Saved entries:
-*-*-
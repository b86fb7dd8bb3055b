//! A list read as the tree tells it: its buffers by their indexes alone.
ghost use Rattle.std.specs.Prelude.{◌≡◌, ◌<◌, ◌≤◌, length, slice_index_or};
ghost use Rattle.gv_types.specs.declared.mapping.Mapping.{Mapping};
ghost use Rattle.gv_ranges.specs.List.{IsLaidOut};
ghost use Rattle.gv_table.specs.BufferNames.{unnamed, unnamed_mapping};

use gv_ranges::Reader;
use gv_types::{Backing, BufferId, Mapping, Packed};
use std::marker::Model;

/// A list of mappings whose buffers are encoded by their indexes alone, so that none tells a generation.
#[derive(Drop)]
pub struct UnnamedList<'l> {
    reader: Reader<'l>,
}

impl<'l> Model for UnnamedList<'l> {
    ghost use Rattle.std.specs.Prelude.{List};
    ghost use Rattle.gv_types.specs.declared.mapping.Mapping.{Mapping};
    ghost use Rattle.gv_table.specs.BufferNames.{unnamed};

    ghost Value = { List Mapping };

    ghost view = { λ o. unnamed o.reader };
}

impl<'l> UnnamedList<'l> {
    /// What a reader reads, encoded so.
    #[inline(always)]
    pub fn of(reader: Reader<'l>) -> UnnamedList<'l>
        ensures { result ≡ unnamed reader.entry }
    {
        UnnamedList { reader }
    }

    /// The same, with the block looked up anew where it does not hold the index.
    #[inline(always)]
    pub fn with_block_at(&self, index: usize) -> UnnamedList<'l>
        requires { index ≤ length self.now }
        ensures { result ≡ self.now }
    {
        UnnamedList {
            reader: self.reader.with_block_at(index),
        }
    }

    /// How many mappings there are.
    #[inline(always)]
    pub fn len(&self) -> usize
        ensures len { result ≡ length self.now }
        ensures laid_out { IsLaidOut self.now }
    {
        self.reader.len()
    }

    /// The mapping at an index.
    #[inline(always)]
    pub fn get(&self, index: usize) -> Mapping
        requires { index < length self.now }
        ensures { (d : Mapping) → result ≡ slice_index_or self.now index d }
    {
        unnamed(self.reader.get(index))
    }
}

/// A mapping whose buffer is encoded by its index alone.
#[inline(always)]
fn unnamed(m: &Packed) -> Mapping
    ensures { result ≡ unnamed_mapping m.now }
{
    let backing = match m.backing() {
        Backing::Buffer { id, page } => Backing::Buffer {
            id: BufferId::new(id.index, 0),
            page,
        },
        Backing::Zero => Backing::Zero,
    };
    Mapping {
        range: m.range(),
        backing,
        flags: m.flags(),
    }
}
-*-*-
What you are asked to do | Using the data above, show each line where "Packed" occurs.

Task solution |
use gv_types::{Backing, BufferId, Mapping, Packed};
fn unnamed(m: &Packed) -> Mapping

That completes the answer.